Does MIR Stop at Retrieval?
Roger B. Dannenberg, Professor of Computer Science, Art & Music, Carnegie Mellon University, USA
The Music Information Retrieval community that formed around this conference has moved swiftly from a narrow set of concerns and problems to a much wider exploration that I have long characterized as “Music Understanding.” Music Understanding explores methods to find pattern and structure in music, ranging from low-level features, such as pitch and onsets, to high-level properties such keys, transcriptions, and yes, even genre. I believe that “Music Understanding” and the MIR community must broaden their scope even further, turning to music composition, improvisation, and production, for at least three reasons. First, attempts to automate music generation have had very limited success, so music generation is a good measure of the gap between music formalisms and our human understanding of music. Second, music generation research might lead to a better understanding of creativity, learning, and the brain. Finally, music generation has practical applications, and I will discuss one: music generation for music therapy. I will also summarize the history of computer-assisted composition, describe the state-of-the-art, and provide a critique intended to spur new research.

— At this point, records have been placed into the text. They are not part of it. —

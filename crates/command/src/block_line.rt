// What a line of a block says.
ghost use Rattle.std.specs.Prelude.{◌≡◌, ◌≤◌, ◌==◌, false, IfOk, OnErr, IfErr, length};
ghost use Rattle.std.specs.List.{list_all};
ghost use Rattle.sector.specs.declared.refusal.Refusal.TheVariants.{BadTable, OutOfRange};
ghost use Rattle.words.specs.Given.{Gives};
ghost use Rattle.command.specs.Line.{is_silent};
ghost use Rattle.command.specs.Lines.{IsSeat, IsSeatSaid, ends_with, is_end, line_of, outside_by, outside_of, said_in, seat_of, work_of};

use crate::seat_line::{SeatLine, Work};
use crate::{Command, LINE_LIMIT};
use sector::Refusal;
use std::alloc::Global;
use words::{Name, after_word, first_word, numeral};

/// What a line of a block says.
#[derive(Drop)]
pub enum Said {
    /// Nothing: it is a comment, or has spaces alone.
    Nothing,
    /// `end`: the block ends.
    End,
    /// `SEAT COMMAND`: what a seat is to do.
    Line(SeatLine),
}

fn is_blank(line: &[u8]) -> bool
    ensures { result ≡ list_all (λ byte. byte == 32) line.now }
{
    line.iter().all(|byte| *byte == b' ')
}

fn says_nothing(line: &[u8]) -> bool
    ensures { result ≡ is_silent line.now }
{
    is_blank(line) || line[0] == b'#'
}

fn is_end(line: &[u8]) -> bool
    ensures { result ≡ is_end line.now }
{
    first_word(line) == b"end".as_slice() && is_blank(after_word(line))
}

/// The number of a seat, 1 to 8.
fn seat(word: &[u8]) -> Result<u8, Refusal>
    ensures value { result ≡ seat_of word.now }
    ensures seat { IfOk result IsSeat }
{
    let seat = numeral(word)?;
    if 1 <= seat && seat <= 8 {
        Ok(seat as u8)
    } else {
        Err(Refusal::BadTable)
    }
}

/// A command whose number of sectors no command has, by its word: a read's and a write's is refused in its turn.
fn outside_by(verb: &[u8], name: Name) -> Result<Work, Refusal>
    ensures { result ≡ outside_by verb.now name }
{
    if verb == b"read".as_slice() {
        Ok(Work::OutsideRead { name })
    } else if verb == b"write".as_slice() {
        Ok(Work::OutsideWrite { name })
    } else {
        Err(Refusal::BadTable)
    }
}

fn outside(rest: &[u8]) -> Result<Work, Refusal>
    ensures { result ≡ outside_of rest.now }
{
    let name = Name::new(first_word(after_word(rest)))?;
    outside_by(first_word(rest), name)
}

/// What a seat is to do, by a command line.
fn work(alloc: Global, rest: &[u8]) -> Result<Work, Refusal>
    ensures { Gives result (work_of rest.now) }
{
    let mut room = Vec::new(alloc);
    match crate::said(alloc, &mut room, rest, LINE_LIMIT) {
        Ok(Some(Command::Read { name, first, count })) => Ok(Work::Read { name, first, count }),
        Ok(Some(Command::Write { name, first, bytes })) => Ok(Work::Write { name, first, bytes }),
        Ok(Some(Command::Merge { name })) => Ok(Work::Merge { name }),
        Ok(_) => Err(Refusal::BadTable),
        Err(Refusal::OutOfRange) => outside(rest),
        Err(Refusal::NoMemory) => Err(Refusal::NoMemory),
        Err(_) => Err(Refusal::BadTable),
    }
}

fn seat_line(alloc: Global, line: &[u8]) -> Result<SeatLine, Refusal>
    ensures line { Gives result (line_of line.now) }
    ensures seat { IfOk result (λ said. IsSeat said.seat) }
{
    let seat = seat(first_word(line))?;
    let work = work(alloc, after_word(line))?;
    Ok(SeatLine { seat, work })
}

/// What a line of a block says, the line given without its end. In this order: a line of more than `max` bytes is `BadTable`;
/// comments and blank lines say nothing; `end` alone ends the block; then the seat is looked at, and then its command, by the
/// grammar of command lines: each that is no `read`, `write` or `merge` of right form is `BadTable`, but a number of sectors
/// outside 1 to 2048 is no fault of the line. `NoMemory` may stand in place of what a seat is to do, and of nothing else.
#[tactic(auto, unfolding(crate::specs::Lines::said_in))]
pub fn said_by(alloc: Global, line: &[u8], max: usize) -> Result<Said, Refusal>
    ensures said { Gives result (said_in max line.now) }
    ensures seat { IfOk result IsSeatSaid }
    ensures ends { OnErr result (ends_with (said_in max line.now) ≡ false) }
{
    if line.len() > max {
        return Err(Refusal::BadTable);
    }
    if says_nothing(line) {
        return Ok(Said::Nothing);
    }
    if is_end(line) {
        return Ok(Said::End);
    }
    Ok(Said::Line(seat_line(alloc, line)?))
}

Dr. Roger B. Dannenberg, PhD, is currently a Professor of Computer Science at Carnegie Mellon University with courtesy appointments in the Schools of Art and Music. Dr. Dannenberg studied at Rice University and Case-Western Reserve University before receiving a Ph.D. in Computer Science from Carnegie Mellon University. He also worked for Steve Jobs at NeXT as a member of the music group, MakeMusic’s commercialization of Dannenberg’s computer accompaniment research, and with Music Prodigy, an award-winning MIR-based music education start-up.
Dr. Dannenberg is an international leader in computer music and is well known especially for programming language design and real-time interactive systems including computer accompaniment. He and his students have introduced a number of innovations to the field: functional programming for sound synthesis and real-time interactive systems, spectral interpolation synthesis, score-following using dynamic programming, probabilistic formulations of score alignment, machine learning for style classification, score alignment using chromagrams, and bootstrap learning for onset detection. Dannenberg is also the co-creator of Audacity, an open-source audio editor used by millions.
Dr. Dannenberg is an active trumpet player and composer. His trumpet playing includes orchestral, jazz, and experimental music with electronics, and his opera, La Mare dels Peixos, co-composed with Jorge Sastre, premiered in Valencia, Spain in December 2016.